PROBLEM REQUIREMENTS: Look for "sustain" in the records and copy every line that has it.

Stored items:

###

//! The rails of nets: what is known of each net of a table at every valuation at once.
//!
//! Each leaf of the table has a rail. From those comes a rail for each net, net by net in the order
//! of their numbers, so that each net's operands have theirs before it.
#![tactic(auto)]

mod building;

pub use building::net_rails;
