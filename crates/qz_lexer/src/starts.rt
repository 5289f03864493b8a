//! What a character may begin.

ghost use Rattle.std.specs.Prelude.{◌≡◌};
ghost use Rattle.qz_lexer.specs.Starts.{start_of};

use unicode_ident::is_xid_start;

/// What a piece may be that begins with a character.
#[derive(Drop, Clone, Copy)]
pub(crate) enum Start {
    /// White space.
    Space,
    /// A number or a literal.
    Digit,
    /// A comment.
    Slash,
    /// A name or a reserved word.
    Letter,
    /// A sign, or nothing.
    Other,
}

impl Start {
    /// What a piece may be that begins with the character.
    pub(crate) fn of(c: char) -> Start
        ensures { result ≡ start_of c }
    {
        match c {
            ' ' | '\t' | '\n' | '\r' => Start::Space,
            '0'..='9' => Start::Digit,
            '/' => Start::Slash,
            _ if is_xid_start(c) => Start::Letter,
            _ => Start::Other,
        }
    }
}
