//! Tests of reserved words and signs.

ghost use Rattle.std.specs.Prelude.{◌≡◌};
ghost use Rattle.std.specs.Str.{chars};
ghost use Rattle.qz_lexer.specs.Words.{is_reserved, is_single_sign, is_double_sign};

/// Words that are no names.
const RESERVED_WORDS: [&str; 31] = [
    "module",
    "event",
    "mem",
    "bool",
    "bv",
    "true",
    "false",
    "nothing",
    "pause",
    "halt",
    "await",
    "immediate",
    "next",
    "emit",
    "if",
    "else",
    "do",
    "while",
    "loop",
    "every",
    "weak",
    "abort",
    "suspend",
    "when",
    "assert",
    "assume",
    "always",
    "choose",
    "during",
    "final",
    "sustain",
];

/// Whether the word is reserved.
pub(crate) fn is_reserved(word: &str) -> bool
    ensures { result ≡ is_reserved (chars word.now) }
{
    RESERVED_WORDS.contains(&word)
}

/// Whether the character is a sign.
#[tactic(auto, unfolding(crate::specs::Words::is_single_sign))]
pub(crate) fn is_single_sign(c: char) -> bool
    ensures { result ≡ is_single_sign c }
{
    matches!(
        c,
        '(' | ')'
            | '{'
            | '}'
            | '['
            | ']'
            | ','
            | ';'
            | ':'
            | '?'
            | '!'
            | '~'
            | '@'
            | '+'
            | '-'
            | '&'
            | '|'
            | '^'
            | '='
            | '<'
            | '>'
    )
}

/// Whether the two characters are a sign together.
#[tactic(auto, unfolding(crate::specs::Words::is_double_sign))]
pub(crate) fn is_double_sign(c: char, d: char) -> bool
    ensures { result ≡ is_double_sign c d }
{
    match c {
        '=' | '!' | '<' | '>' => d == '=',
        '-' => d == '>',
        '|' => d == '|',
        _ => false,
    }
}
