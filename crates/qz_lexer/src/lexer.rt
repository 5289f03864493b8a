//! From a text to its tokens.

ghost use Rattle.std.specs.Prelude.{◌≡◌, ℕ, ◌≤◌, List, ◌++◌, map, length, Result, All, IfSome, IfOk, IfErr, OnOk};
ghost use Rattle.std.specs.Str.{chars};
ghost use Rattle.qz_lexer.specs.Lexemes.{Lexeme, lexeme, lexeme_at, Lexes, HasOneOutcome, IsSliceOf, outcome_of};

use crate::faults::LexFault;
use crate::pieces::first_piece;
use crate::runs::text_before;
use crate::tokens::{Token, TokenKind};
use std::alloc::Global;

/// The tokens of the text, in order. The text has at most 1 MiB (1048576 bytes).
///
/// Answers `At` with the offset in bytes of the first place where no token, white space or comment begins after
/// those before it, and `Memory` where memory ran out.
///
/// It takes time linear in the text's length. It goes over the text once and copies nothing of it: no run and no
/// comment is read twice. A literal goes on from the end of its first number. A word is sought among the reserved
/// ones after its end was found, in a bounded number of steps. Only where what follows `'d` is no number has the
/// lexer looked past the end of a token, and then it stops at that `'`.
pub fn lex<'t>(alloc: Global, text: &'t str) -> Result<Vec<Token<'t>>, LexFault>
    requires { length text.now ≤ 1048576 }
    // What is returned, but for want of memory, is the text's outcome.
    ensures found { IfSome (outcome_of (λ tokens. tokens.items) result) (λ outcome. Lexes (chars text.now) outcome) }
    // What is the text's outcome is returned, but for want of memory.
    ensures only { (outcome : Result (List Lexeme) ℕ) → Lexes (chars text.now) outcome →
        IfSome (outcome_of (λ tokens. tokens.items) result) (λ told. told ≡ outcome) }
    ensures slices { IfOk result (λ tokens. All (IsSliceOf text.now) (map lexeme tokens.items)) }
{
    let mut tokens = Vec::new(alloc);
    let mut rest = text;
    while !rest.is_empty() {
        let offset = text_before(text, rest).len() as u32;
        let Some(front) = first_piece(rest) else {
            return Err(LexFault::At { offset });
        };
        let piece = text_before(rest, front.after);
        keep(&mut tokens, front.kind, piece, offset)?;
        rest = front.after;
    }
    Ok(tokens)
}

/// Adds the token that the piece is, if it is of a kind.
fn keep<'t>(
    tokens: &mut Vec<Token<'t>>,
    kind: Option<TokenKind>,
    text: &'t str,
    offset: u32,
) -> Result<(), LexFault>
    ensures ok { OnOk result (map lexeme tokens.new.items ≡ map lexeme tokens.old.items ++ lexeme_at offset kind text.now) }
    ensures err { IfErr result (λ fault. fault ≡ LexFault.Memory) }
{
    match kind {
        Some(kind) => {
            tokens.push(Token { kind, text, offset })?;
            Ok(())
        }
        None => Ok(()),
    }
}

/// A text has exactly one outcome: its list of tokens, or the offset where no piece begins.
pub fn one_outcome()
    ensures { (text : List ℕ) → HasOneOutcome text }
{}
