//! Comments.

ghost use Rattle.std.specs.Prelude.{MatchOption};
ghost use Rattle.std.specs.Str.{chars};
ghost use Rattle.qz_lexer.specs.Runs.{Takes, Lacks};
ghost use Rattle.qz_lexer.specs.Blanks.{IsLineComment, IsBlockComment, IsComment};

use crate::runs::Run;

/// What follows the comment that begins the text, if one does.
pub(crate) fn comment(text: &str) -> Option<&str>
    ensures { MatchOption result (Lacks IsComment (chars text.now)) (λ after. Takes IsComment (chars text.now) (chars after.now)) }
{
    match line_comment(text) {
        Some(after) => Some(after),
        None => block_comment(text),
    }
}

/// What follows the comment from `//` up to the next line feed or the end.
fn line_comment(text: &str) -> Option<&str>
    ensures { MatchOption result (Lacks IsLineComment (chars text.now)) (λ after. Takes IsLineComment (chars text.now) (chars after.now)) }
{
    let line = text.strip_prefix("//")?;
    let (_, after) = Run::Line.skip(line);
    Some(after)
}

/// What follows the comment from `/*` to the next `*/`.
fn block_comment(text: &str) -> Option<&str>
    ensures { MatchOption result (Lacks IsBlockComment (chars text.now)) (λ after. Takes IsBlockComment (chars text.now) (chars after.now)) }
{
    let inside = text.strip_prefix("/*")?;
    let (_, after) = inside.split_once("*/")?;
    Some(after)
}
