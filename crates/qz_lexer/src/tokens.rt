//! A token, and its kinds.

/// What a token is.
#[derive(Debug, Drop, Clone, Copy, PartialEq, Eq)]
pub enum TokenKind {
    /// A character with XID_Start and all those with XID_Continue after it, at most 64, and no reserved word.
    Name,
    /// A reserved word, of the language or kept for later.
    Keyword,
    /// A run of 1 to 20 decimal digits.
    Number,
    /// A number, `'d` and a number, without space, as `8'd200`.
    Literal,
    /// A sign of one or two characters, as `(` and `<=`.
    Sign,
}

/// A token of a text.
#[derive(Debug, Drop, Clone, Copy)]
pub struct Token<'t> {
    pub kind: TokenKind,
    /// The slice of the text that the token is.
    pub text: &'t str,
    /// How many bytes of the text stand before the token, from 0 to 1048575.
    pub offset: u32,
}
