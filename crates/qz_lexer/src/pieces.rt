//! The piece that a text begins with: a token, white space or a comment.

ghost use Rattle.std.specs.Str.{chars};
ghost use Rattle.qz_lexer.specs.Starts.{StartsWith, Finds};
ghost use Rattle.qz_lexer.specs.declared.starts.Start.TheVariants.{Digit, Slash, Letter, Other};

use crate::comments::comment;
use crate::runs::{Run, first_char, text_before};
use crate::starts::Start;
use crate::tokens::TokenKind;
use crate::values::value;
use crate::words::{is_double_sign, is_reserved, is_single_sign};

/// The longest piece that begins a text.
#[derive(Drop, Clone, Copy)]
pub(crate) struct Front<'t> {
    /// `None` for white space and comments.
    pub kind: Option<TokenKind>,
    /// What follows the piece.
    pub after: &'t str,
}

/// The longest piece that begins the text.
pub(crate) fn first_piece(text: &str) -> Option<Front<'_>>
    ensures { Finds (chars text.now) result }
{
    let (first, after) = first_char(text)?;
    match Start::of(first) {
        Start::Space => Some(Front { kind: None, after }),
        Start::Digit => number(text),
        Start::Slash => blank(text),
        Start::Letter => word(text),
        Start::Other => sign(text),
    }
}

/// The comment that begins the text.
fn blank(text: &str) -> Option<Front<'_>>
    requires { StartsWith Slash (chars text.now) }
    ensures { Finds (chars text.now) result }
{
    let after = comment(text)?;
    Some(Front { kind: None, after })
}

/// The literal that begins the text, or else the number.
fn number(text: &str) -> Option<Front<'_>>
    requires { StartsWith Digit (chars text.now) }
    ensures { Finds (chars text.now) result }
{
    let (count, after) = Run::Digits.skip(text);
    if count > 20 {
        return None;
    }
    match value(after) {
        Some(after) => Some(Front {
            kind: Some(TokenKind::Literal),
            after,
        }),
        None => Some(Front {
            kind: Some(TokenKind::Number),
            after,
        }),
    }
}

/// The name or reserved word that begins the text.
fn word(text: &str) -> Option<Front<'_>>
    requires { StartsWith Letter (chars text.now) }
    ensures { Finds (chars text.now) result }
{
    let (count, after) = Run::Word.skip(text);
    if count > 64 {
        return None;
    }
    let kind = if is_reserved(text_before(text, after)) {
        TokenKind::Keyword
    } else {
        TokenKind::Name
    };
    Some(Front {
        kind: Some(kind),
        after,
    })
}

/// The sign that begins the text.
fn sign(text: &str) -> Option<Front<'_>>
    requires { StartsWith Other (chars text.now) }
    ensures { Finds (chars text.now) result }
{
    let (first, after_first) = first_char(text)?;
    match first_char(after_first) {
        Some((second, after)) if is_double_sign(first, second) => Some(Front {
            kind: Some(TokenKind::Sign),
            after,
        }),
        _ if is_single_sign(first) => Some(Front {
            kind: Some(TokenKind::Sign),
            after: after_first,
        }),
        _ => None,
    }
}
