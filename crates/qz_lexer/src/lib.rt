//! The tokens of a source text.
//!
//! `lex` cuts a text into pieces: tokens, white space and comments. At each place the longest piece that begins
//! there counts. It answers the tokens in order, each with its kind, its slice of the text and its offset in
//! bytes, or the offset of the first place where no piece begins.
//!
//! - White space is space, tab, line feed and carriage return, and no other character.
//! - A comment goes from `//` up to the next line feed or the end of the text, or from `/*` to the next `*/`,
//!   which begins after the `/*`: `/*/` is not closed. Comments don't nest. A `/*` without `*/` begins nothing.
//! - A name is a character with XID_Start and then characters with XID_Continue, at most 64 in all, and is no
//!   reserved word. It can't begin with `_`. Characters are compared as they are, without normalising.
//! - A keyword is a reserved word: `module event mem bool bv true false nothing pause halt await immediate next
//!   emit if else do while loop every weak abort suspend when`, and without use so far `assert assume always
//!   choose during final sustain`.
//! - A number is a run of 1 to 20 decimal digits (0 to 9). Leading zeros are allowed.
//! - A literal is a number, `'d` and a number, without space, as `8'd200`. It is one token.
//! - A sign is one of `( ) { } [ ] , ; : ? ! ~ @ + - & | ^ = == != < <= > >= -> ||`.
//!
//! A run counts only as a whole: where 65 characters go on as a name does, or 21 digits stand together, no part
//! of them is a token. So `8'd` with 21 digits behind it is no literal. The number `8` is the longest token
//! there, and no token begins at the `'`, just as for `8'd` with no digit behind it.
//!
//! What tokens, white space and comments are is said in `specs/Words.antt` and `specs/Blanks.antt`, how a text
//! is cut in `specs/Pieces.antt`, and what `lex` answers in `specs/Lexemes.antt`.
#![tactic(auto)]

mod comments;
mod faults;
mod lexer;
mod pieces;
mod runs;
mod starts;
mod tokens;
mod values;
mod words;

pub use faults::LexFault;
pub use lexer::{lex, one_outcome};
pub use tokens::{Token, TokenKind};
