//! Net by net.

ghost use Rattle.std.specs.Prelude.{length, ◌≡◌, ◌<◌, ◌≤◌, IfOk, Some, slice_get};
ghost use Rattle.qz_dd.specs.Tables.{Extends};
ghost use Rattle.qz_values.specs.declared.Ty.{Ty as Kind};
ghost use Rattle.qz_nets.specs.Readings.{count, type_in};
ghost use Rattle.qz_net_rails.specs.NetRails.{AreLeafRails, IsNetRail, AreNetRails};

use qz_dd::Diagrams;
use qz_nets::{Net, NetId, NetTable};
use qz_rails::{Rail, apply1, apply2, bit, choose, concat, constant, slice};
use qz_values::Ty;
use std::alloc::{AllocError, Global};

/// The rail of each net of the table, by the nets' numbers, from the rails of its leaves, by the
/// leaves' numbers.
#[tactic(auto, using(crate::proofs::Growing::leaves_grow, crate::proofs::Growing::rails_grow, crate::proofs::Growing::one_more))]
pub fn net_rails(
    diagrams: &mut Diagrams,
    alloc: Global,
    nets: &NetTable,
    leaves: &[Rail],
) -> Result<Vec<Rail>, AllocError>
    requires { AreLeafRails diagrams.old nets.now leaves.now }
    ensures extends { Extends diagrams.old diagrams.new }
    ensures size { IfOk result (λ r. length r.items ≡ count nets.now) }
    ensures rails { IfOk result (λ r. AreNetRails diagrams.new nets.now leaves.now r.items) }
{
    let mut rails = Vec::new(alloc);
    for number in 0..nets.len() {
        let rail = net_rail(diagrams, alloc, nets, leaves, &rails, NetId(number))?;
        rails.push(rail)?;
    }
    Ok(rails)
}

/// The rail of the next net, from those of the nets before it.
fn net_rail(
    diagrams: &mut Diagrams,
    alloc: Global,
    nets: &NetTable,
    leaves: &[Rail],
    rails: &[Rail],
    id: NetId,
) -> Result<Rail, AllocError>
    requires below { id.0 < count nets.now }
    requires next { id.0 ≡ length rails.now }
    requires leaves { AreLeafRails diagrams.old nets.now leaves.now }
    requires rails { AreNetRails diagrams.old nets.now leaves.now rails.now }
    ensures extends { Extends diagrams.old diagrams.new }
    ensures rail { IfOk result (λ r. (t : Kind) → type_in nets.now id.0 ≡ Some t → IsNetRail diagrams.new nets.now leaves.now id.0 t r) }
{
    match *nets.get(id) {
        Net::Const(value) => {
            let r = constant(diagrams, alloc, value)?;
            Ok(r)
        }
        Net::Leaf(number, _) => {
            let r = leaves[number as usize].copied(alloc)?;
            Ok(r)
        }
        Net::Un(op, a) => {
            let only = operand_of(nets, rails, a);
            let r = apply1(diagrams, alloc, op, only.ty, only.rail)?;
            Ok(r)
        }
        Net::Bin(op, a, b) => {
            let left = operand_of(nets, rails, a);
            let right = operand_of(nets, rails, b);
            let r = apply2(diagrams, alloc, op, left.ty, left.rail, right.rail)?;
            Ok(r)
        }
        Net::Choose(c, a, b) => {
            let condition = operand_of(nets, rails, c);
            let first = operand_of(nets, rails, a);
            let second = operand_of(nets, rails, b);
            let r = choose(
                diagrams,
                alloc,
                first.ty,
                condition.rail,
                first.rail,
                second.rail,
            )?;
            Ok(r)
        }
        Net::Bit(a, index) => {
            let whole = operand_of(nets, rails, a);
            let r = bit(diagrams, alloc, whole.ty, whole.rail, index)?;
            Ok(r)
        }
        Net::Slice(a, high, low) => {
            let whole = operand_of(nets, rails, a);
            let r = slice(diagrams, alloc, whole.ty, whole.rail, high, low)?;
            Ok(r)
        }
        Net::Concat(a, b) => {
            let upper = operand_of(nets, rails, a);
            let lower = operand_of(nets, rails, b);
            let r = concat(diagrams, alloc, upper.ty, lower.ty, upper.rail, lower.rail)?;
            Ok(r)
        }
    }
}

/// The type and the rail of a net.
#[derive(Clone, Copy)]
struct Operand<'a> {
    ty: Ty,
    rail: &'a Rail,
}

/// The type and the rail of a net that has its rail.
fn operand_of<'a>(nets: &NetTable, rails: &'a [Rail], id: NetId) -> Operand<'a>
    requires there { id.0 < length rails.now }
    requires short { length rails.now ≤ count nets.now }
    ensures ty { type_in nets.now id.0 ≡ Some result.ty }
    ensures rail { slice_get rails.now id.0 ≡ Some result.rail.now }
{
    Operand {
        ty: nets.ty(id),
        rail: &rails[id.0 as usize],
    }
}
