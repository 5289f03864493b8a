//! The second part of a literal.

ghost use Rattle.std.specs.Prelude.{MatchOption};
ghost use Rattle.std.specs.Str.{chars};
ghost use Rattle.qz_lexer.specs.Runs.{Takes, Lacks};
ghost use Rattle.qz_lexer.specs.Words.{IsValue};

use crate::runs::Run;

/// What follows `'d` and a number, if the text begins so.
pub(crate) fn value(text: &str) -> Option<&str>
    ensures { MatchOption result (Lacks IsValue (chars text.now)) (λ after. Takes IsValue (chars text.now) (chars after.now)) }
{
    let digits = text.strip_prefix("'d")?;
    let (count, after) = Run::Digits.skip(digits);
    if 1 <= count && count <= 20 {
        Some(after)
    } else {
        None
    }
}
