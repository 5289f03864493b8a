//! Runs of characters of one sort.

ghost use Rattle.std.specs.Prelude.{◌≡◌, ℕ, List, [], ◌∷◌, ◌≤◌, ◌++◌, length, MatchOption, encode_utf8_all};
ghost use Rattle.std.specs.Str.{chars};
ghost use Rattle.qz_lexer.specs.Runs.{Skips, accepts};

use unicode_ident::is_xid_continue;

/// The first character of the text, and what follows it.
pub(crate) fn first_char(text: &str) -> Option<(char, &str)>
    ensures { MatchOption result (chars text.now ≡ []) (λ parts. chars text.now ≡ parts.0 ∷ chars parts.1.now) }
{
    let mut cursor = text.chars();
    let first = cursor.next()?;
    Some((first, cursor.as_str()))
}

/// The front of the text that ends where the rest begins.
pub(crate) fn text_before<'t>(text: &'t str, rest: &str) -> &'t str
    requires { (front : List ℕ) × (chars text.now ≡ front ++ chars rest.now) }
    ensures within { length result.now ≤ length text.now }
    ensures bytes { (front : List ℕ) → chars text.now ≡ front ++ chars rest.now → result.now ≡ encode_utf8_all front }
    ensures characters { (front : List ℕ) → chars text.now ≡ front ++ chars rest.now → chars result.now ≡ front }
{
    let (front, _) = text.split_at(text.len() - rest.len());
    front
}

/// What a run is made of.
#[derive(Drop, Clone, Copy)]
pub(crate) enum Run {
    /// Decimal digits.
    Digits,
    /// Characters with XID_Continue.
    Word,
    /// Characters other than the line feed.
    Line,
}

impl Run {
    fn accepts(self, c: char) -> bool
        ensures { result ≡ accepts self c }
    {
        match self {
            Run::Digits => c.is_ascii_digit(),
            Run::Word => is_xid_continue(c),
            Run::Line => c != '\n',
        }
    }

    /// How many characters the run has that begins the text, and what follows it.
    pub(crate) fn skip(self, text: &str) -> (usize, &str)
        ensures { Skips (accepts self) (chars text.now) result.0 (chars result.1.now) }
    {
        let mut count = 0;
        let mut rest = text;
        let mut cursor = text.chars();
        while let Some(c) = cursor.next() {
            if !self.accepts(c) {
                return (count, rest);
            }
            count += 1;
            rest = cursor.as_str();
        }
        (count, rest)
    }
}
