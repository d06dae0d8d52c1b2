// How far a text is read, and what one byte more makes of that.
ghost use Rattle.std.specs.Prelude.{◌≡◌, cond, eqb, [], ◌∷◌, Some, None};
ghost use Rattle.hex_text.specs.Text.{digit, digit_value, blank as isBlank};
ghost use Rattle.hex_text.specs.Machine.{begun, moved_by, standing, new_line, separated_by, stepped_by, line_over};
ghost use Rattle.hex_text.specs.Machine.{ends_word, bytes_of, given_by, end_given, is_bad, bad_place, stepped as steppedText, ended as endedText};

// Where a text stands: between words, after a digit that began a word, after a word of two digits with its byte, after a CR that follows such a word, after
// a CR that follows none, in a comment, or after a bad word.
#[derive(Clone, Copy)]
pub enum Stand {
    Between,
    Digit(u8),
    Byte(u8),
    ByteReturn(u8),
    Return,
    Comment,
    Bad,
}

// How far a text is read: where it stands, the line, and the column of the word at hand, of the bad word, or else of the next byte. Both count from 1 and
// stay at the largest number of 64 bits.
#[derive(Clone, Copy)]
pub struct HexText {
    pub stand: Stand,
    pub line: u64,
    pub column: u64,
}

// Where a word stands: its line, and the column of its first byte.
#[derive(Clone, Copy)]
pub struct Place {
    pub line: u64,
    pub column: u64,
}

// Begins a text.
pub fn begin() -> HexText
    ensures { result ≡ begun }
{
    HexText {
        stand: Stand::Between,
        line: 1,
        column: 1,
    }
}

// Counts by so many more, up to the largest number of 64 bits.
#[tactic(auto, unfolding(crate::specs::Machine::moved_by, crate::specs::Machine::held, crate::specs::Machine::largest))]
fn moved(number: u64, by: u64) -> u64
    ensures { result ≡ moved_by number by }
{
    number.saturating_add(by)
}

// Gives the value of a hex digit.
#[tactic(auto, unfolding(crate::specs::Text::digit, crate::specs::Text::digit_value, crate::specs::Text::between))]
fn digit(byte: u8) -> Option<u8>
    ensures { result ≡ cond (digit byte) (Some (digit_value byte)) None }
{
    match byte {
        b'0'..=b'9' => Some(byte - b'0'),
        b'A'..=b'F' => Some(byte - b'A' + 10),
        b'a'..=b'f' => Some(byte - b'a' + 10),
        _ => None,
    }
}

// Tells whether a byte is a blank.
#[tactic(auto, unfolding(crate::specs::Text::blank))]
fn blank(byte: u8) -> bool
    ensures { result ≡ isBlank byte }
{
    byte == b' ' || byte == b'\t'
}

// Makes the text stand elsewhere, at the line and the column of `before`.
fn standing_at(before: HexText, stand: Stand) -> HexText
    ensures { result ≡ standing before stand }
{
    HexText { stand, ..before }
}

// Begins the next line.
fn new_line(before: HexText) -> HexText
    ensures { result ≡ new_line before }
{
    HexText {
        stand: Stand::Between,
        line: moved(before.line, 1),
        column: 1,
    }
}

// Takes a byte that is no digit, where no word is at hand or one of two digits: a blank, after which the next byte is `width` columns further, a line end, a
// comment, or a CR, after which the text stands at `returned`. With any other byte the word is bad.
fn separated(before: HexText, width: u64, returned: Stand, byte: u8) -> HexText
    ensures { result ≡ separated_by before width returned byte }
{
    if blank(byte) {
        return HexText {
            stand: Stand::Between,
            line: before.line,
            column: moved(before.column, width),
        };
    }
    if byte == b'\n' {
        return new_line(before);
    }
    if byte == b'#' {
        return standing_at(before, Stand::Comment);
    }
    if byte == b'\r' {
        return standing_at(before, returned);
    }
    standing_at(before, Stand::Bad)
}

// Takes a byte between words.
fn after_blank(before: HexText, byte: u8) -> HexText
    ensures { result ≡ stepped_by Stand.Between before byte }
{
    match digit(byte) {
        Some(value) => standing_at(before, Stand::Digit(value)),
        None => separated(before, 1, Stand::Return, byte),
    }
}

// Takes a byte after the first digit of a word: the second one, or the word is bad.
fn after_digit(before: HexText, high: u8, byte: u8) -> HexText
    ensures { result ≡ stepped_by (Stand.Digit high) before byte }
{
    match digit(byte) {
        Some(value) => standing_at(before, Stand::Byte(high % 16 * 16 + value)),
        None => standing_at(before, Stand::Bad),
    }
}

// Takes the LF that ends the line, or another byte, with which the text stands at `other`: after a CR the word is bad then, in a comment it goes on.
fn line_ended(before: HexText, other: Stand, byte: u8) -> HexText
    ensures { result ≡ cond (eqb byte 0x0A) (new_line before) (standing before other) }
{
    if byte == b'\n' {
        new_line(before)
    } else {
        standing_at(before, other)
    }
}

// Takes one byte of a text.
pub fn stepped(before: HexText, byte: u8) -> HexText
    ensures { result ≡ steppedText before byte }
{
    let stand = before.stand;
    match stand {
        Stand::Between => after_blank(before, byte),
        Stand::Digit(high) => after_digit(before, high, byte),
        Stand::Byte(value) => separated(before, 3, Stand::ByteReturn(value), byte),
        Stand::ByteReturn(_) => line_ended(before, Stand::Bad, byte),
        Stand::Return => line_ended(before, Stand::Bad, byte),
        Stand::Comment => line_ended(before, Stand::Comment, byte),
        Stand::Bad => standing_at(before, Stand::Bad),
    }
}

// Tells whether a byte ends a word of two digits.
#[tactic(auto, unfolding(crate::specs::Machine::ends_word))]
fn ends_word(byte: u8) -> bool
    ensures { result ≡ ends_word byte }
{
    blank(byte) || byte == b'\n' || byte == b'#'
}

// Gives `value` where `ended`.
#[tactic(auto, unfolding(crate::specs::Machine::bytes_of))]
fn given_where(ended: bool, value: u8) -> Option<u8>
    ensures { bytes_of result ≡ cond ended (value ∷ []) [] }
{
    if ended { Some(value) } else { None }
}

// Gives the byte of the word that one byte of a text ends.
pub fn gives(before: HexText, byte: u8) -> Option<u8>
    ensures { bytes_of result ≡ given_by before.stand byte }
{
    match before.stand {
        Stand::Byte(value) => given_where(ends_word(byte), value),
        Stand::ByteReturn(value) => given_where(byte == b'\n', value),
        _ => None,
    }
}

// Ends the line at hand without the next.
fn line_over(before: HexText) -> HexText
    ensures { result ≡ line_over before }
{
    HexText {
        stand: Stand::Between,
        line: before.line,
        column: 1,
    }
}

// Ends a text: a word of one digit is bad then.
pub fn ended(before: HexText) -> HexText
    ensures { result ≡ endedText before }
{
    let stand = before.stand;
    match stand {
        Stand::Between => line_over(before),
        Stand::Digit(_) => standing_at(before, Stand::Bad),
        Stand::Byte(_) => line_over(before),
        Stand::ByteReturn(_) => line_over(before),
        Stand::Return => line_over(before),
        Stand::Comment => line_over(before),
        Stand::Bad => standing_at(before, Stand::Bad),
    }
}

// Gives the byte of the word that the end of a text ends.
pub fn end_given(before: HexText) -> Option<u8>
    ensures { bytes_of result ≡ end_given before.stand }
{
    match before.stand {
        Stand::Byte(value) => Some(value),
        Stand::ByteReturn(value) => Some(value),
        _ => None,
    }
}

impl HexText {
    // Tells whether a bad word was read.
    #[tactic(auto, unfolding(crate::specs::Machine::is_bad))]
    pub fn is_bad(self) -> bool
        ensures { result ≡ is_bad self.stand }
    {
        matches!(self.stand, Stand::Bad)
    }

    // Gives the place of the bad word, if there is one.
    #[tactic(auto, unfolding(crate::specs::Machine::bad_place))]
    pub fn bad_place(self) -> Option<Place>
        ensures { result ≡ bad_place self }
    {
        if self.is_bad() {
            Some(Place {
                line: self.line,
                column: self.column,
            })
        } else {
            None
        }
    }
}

###

RESPONSE:
    "sustain",
//!   choose during final sustain`.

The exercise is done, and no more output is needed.